V-cancel (not sure if that was the name ppl used for it, didn't play sfa2) refers to the fact that in sfa2 the number of frames to go from standing to downblock is more that the number of frames a character needs to go from standing to a low attack if the character is in v-ism. This means that if two characters are standing next to each other and one activates their v super, they have a guaranteed hit.

This was first used by Ricki Ortiz in a tournament setting in a finals and that is how it became wildly know. The story of it was documented in Sirlin's Play to Win book, which is how I learned about it. https://www.sirlin.net/ptw


I was just making a statement on depth so was not expecting a actual explanation but thank you for that. I personally have a hangout where terminology makes things seem harder than it is, I just have to dig in and learn the terms and then things fall into place.

Anyway appreciate the indepth answer.


I’m looking forward to FlaSh getting back to the top of his game and hitting the #1 spot again now that he is back from his military service.
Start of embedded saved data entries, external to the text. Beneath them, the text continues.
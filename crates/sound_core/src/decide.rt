// What a call or an answer leads to, decided on the core: no table is in sight.
ghost use Rattle.std.specs.Prelude.{◌≡◌};
ghost use Rattle.records.specs.Records.{jack_info};
ghost use Rattle.layout.specs.Layout.{size};
ghost use Rattle.codes.specs.Says.{pick};
ghost use Rattle.codes.specs.Life.{permits_of};
ghost use Rattle.sound_core.specs.Consistent.{held_to};
ghost use Rattle.sound_core.specs.Plan.{send_of, end_of, refusing, refuse_of, cut_short_of, query_of, kind_code, kind_life, set_of, life_in, direction_in, own_set, own_command, own_remap, own_supported, own_xfer, own_of, is_idle, set_up_of, begin_of, refusal_of, after_jacks, after_streams, after_maps, stored_of, effect_of, after_sent, answer_by, answer_of, can_remap, found_of, cause_of, status_refusal};
ghost use Rattle.sound_core.specs.declared.state.Stage.TheVariants.{JacksAsked};
ghost use Rattle.sound_core.specs.declared.plan.Effect.TheVariants as done;

use crate::consistency::{call_ok, consistent, held_to, period_ok};
use crate::plan::{Effect, Look, Plan, Request, Say, Value};
use crate::state::{Call, Core, Counts, Kind, Params, Stage};
use codes::{Cause, JackFeatures, Refusal, both, life};
use records::{ChannelMap, JackInfo, PcmCommand, PcmInfo, Query, Remap, SetParameters};
use tables::{Fault, Verdict, is_good, refused_by};
use turns::{Track, is_consistent, is_idle};

// ---- the ways to go on

// The request goes out, and the core waits for its answer.
fn send(c: Core, stage: Stage, q: Request, effect: Effect) -> Plan
    ensures { result ≡ send_of c stage q effect }
{
    Plan {
        core: Core { stage, ..c },
        say: Ok(Say::Send(q)),
        effect,
    }
}

// The call has its result.
fn end(c: Core, say: Result<Say, Refusal>, effect: Effect) -> Plan
    ensures { result ≡ end_of c say effect }
{
    Plan {
        core: Core {
            stage: Stage::Idle,
            ..c
        },
        say,
        effect,
    }
}

// The call is refused, and is over.
fn end_refused(c: Core, refusal: Refusal) -> Plan
    ensures { result ≡ refusing c refusal }
{
    end(c, Err(refusal), Effect::Nothing)
}

// Refused, with nothing changed.
fn refuse(c: Core, refusal: Refusal) -> Plan
    ensures { result ≡ refuse_of c refusal }
{
    Plan {
        core: c,
        say: Err(refusal),
        effect: Effect::Nothing,
    }
}

// A set-up cut short leaves all three tables empty.
fn cut_short(c: Core, refusal: Refusal) -> Plan
    ensures { result ≡ cut_short_of c refusal }
{
    let core = Core {
        read: Counts {
            jacks: 0,
            streams: 0,
            maps: 0,
        },
        ready: false,
        stage: Stage::Idle,
        ..c
    };
    Plan {
        core,
        say: Err(refusal),
        effect: Effect::Nothing,
    }
}

// ---- requests

// Asks for all records of a kind.
fn query(code: u32, count: u32, size: u32) -> Request
    ensures { result ≡ query_of code count size }
{
    Request::Query(Query {
        code,
        start: 0,
        count,
        size,
    })
}

// The code of a command's request. Its twin below is alike in shape alone.
fn kind_code(kind: Kind) -> u32
    ensures { result ≡ kind_code kind }
{
    match kind {
        Kind::Prepare => PcmCommand::PREPARE,
        Kind::Release => PcmCommand::RELEASE,
        Kind::Start => PcmCommand::START,
        Kind::Stop => PcmCommand::STOP,
    }
}

// The state that an ok command leads to.
fn kind_life(kind: Kind) -> u8
    ensures { result ≡ kind_life kind }
{
    match kind {
        Kind::Prepare => life::PREPARE,
        Kind::Release => life::RELEASE,
        Kind::Start => life::START,
        Kind::Stop => life::STOP,
    }
}

fn set_parameters(stream: u32, p: Params) -> SetParameters
    ensures { result ≡ set_of stream p }
{
    SetParameters {
        code: SetParameters::CODE,
        stream,
        buffer: p.buffer,
        period: p.period,
        features: p.features,
        channels: p.channels,
        format: p.format,
        rate: p.rate,
        zero: 0,
    }
}

// ---- the call's own part, once set-up is done

// Where the stream is in its lifecycle; any other look is no state.
fn life_in(look: Look) -> u8
    ensures { result ≡ life_in look }
{
    match look {
        Look::Life(life) | Look::Directed { life, .. } => life,
        _ => 5,
    }
}

// The stream's direction; any other look is none.
fn direction_in(look: Look) -> u8
    ensures { result ≡ direction_in look }
{
    match look {
        Look::Directed { direction, .. } => direction,
        _ => 2,
    }
}

// The lifecycle's table permits a command of the stream that was looked at, or there is no guard.
fn may(guard: bool, look: Look, command: u8) -> bool
    ensures { result ≡ held_to guard (permits_of (life_in look) command) }
{
    held_to(guard, life::permits(life_in(look), command))
}

fn own_set(c: Core, stream: u32, to: Params, look: Look) -> Plan
    ensures { result ≡ own_set c stream to look }
{
    let permitted = may(c.guard, look, life::SET_PARAMETERS);
    if !period_ok(to.buffer, to.period) {
        return end_refused(c, Refusal::InvalidParam);
    }
    let streams = c.counts.streams;
    if streams <= stream {
        return end_refused(c, Refusal::InvalidParam);
    }
    if !permitted {
        return end_refused(c, Refusal::BadState);
    }
    let q = Request::Set(set_parameters(stream, to));
    let sent = Stage::Sent(Call::SetParams { stream, to });
    send(c, sent, q, Effect::Nothing)
}

fn own_command(c: Core, kind: Kind, stream: u32, look: Look) -> Plan
    ensures { result ≡ own_command c kind stream look }
{
    let there = held_to(c.guard, stream < c.counts.streams);
    let permitted = may(c.guard, look, kind_life(kind));
    if !there {
        return end_refused(c, Refusal::InvalidParam);
    }
    if !permitted {
        return end_refused(c, Refusal::BadState);
    }
    let q = Request::Command(PcmCommand {
        code: kind_code(kind),
        stream,
    });
    send(
        c,
        Stage::Sent(Call::Command { kind, stream }),
        q,
        Effect::Nothing,
    )
}

fn can_remap(look: Look) -> bool
    ensures { result ≡ can_remap look }
{
    match look {
        Look::Jack { features } => JackFeatures::from_bits_retain(features).has_remap(),
        _ => false,
    }
}

fn own_remap(c: Core, jack: u32, association: u32, sequence: u32, look: Look) -> Plan
    ensures { result ≡ own_remap c jack association sequence look }
{
    if c.counts.jacks <= jack {
        return end_refused(c, Refusal::InvalidParam);
    }
    if c.read.jacks == 0 {
        return end_refused(c, Refusal::NoInfo);
    }
    if !can_remap(look) {
        return end_refused(c, Refusal::Unsupported(Cause::NoStatus));
    }
    let call = Call::Remap {
        jack,
        association,
        sequence,
    };
    let q = Request::Remap(Remap {
        code: Remap::CODE,
        jack,
        association,
        sequence,
    });
    send(c, Stage::Sent(call), q, Effect::Nothing)
}

fn found(look: Look) -> Value
    ensures { result ≡ found_of look }
{
    match look {
        Look::Stream(value) => value,
        _ => Value::Nothing,
    }
}

fn own_supported(c: Core, stream: u32, look: Look) -> Plan
    ensures { result ≡ own_supported c stream look }
{
    if c.counts.streams <= stream {
        return end_refused(c, Refusal::InvalidParam);
    }
    end(c, Ok(Say::Done(found(look))), Effect::Nothing)
}

// A transfer that had to begin set-up never runs: in a state that calls left no stream has
// parameters yet.
fn own_xfer(capture: bool, c: Core, stream: u32, look: Look) -> Plan
    ensures { result ≡ own_xfer capture c stream look }
{
    let taken = held_to(c.guard, life::takes(life_in(look)));
    let faces = held_to(capture, direction_in(look) == 1);
    if c.counts.streams <= stream {
        return end_refused(c, Refusal::InvalidParam);
    }
    if !taken {
        return end_refused(c, Refusal::BadState);
    }
    if !faces {
        return end_refused(c, Refusal::InvalidParam);
    }
    end_refused(c, Refusal::IoError(Cause::NoStatus))
}

fn own(c: Core, call: Call, look: Look) -> Plan
    ensures { result ≡ own_of c call look }
{
    match call {
        Call::SetParams { stream, to } => own_set(c, stream, to, look),
        Call::Command { kind, stream } => own_command(c, kind, stream, look),
        Call::Remap {
            jack,
            association,
            sequence,
        } => own_remap(c, jack, association, sequence, look),
        Call::Streams { direction } => {
            end(
                c,
                Ok(Say::Done(Value::Streams { direction })),
                Effect::Nothing,
            )
        }
        Call::Supported { stream, .. } => own_supported(c, stream, look),
        Call::Xfer { stream } => own_xfer(false, c, stream, look),
        Call::Capture { stream } => own_xfer(true, c, stream, look),
    }
}

// ---- a new call

pub(crate) fn is_idle_stage(g: Stage) -> bool
    ensures { result ≡ is_idle g }
{
    matches!(g, Stage::Idle)
}

// The first query of set-up.
pub fn ask_jacks(c: Core, call: Call) -> Plan
    ensures { result ≡ send_of c (JacksAsked call) (query_of 0x0001 c.counts.jacks (size jack_info)) done.Nothing }
{
    let q = query(JackInfo::CODE, c.counts.jacks, JackInfo::SIZE as u32);
    send(c, Stage::JacksAsked(call), q, Effect::Nothing)
}

// Set-up first, where it is not done.
fn set_up(c: Core, call: Call, look: Look) -> Plan
    ensures { result ≡ set_up_of c call look }
{
    let ready = c.ready;
    if ready {
        return own(c, call, look);
    }
    ask_jacks(c, call)
}

// A new call, with the ring's track to tell Busy, and what the call looks up in a table.
pub fn begin(c: Core, t: Track, call: Call, look: Look) -> Plan
    ensures { result ≡ begin_of c t call look }
{
    let stage = c.stage;
    let sound = both(consistent(c), is_consistent(t));
    let free = both(is_idle_stage(stage), is_idle(t));
    if !sound {
        return refuse(c, Refusal::InvalidParam);
    }
    if !free {
        return refuse(c, Refusal::Busy);
    }
    if !call_ok(call) {
        return refuse(c, Refusal::InvalidParam);
    }
    set_up(c, call, look)
}

// ---- an answer, by what was asked

// The status that caused a refusal: the header's word, where it is not ok.
fn cause(v: Verdict) -> Cause
    ensures { result ≡ cause_of v }
{
    match v {
        Ok(()) => Cause::NoStatus,
        Err(Fault::Status(word)) => Cause::Status(word),
        Err(Fault::Refused(_)) => Cause::NoStatus,
    }
}

// `status` is what a status that is not ok says to the call.
fn refusal(status: Refusal, v: Verdict) -> Refusal
    ensures { result ≡ refusal_of status v }
{
    match v {
        Ok(()) => status,
        Err(Fault::Status(_)) => status,
        Err(Fault::Refused(r)) => r,
    }
}

// What a table holds, and its effect, where the verdict is good.
fn count_where(good: bool, count: u32) -> u32
    ensures { result ≡ pick good count 0 }
{
    if good { count } else { 0 }
}

fn effect_where(good: bool, effect: Effect) -> Effect
    ensures { result ≡ pick good effect done.Nothing }
{
    if good { effect } else { Effect::Nothing }
}

// A query of jacks that failed leaves that table empty, and set-up goes on.
fn after_jacks(c: Core, call: Call, v: Verdict) -> Plan
    ensures { result ≡ after_jacks c call v }
{
    let good = is_good(v);
    let over = refused_by(Refusal::TooMany.number(), v);
    let read = Counts {
        jacks: count_where(good, c.counts.jacks),
        streams: 0,
        maps: 0,
    };
    let effect = effect_where(good, Effect::FillJacks(c.counts.jacks));
    let q = query(PcmInfo::CODE, c.counts.streams, PcmInfo::SIZE as u32);
    if over {
        return cut_short(c, Refusal::TooMany);
    }
    let core = Core {
        read,
        ready: false,
        ..c
    };
    send(core, Stage::StreamsAsked(call), q, effect)
}

// A query of streams that failed ends the call.
fn after_streams(c: Core, call: Call, v: Verdict) -> Plan
    ensures { result ≡ after_streams c call v }
{
    let read = Counts {
        jacks: c.read.jacks,
        streams: c.counts.streams,
        maps: 0,
    };
    let q = query(ChannelMap::CODE, c.counts.maps, ChannelMap::SIZE as u32);
    if !is_good(v) {
        let r = refusal(Refusal::IoError(cause(v)), v);
        return cut_short(c, r);
    }
    let core = Core {
        read,
        ready: false,
        ..c
    };
    send(
        core,
        Stage::MapsAsked(call),
        q,
        Effect::FillStreams(c.counts.streams),
    )
}

// Set-up is done, and stays done however the call's own part ends.
fn after_maps(c: Core, call: Call, v: Verdict, look: Look) -> Plan
    ensures { result ≡ after_maps c call v look }
{
    let good = is_good(v);
    let read = Counts {
        jacks: c.read.jacks,
        streams: c.read.streams,
        maps: count_where(good, c.counts.maps),
    };
    let effect = effect_where(good, Effect::FillMaps(c.counts.maps));
    if refused_by(Refusal::TooMany.number(), v) {
        return cut_short(c, Refusal::TooMany);
    }
    let core = Core {
        read,
        ready: true,
        ..c
    };
    Plan {
        effect,
        ..own(core, call, look)
    }
}

fn stored(p: Params) -> Params
    ensures { result ≡ stored_of p }
{
    Params { known: 1, ..p }
}

// Parameters are stored, and a stream is moved, when the answer is ok, and not before.
fn effect_of(call: Call) -> Effect
    ensures { result ≡ effect_of call }
{
    match call {
        Call::SetParams { stream, to } => {
            Effect::Store {
                stream,
                to: stored(to),
            }
        }
        Call::Command { kind, stream } => {
            Effect::Move {
                stream,
                life: kind_life(kind),
            }
        }
        _ => Effect::Nothing,
    }
}

// What a status that is not ok says to a call, with that status.
fn status_refusal(call: Call, cause: Cause) -> Refusal
    ensures { result ≡ status_refusal call cause }
{
    match call {
        Call::Remap { .. } => Refusal::Unsupported(cause),
        _ => Refusal::IoError(cause),
    }
}

fn after_sent(c: Core, call: Call, v: Verdict) -> Plan
    ensures { result ≡ after_sent c call v }
{
    if !is_good(v) {
        let r = refusal(status_refusal(call, cause(v)), v);
        return end_refused(c, r);
    }
    end(c, Ok(Say::Done(Value::Nothing)), effect_of(call))
}

// The stage is handed in beside the core: a proof that goes by it then leaves the core as it is.
fn answer_by(stage: Stage, c: Core, v: Verdict, look: Look) -> Plan
    ensures { result ≡ answer_by stage c v look }
{
    match stage {
        Stage::Idle => refuse(c, Refusal::InvalidParam),
        Stage::JacksAsked(call) => after_jacks(c, call, v),
        Stage::StreamsAsked(call) => after_streams(c, call, v),
        Stage::MapsAsked(call) => after_maps(c, call, v, look),
        Stage::Sent(call) => after_sent(c, call, v),
    }
}

// An answer, with the verdict on its page or the queue's failure, and what the waiting call looks up.
pub fn answer(c: Core, v: Verdict, look: Look) -> Plan
    ensures { result ≡ answer_of c v look }
{
    let stage = c.stage;
    let wrong = refused_by(Refusal::BadLength.number(), v);
    if wrong {
        return refuse(c, Refusal::BadLength);
    }
    if !consistent(c) {
        return refuse(c, Refusal::InvalidParam);
    }
    answer_by(stage, c, v, look)
}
Been watching every one of the Artosis casts for the past week or so. I suck at the game but it’s always a good time watching the pros.


I’d also comment on Broodwars approach of balance by making everything overpowered (in the right circumstance) rather than nerfing anything that stood out at any point.

There were a lot of units that could single handedly turn the tide in the right scenario. Vulture mines could stop a rush in their tracks, storm could wipe an army, dark swarm could negate a dug in fortification, a reaver in a shuttle could take out all production.

It led to crazy chaos and it was an incredibly entertaining spectacle.


What I find really fascinating about StarCraft is that players stick to their races, even if they think the matchup is weak for their race.


Most (probably all?) tournaments require you to pick your race and keep it for the whole tournament. No switching based on map or matchup. But you can pick random.


My amateur impression was the following rankings:

Easy to hardest to play: Protoss, Zerg, Terran

Best when mastered: Terran, Zerg, Protoss

I wasn’t tapped into the pro/competitive side so I’m sure it played out differently for them.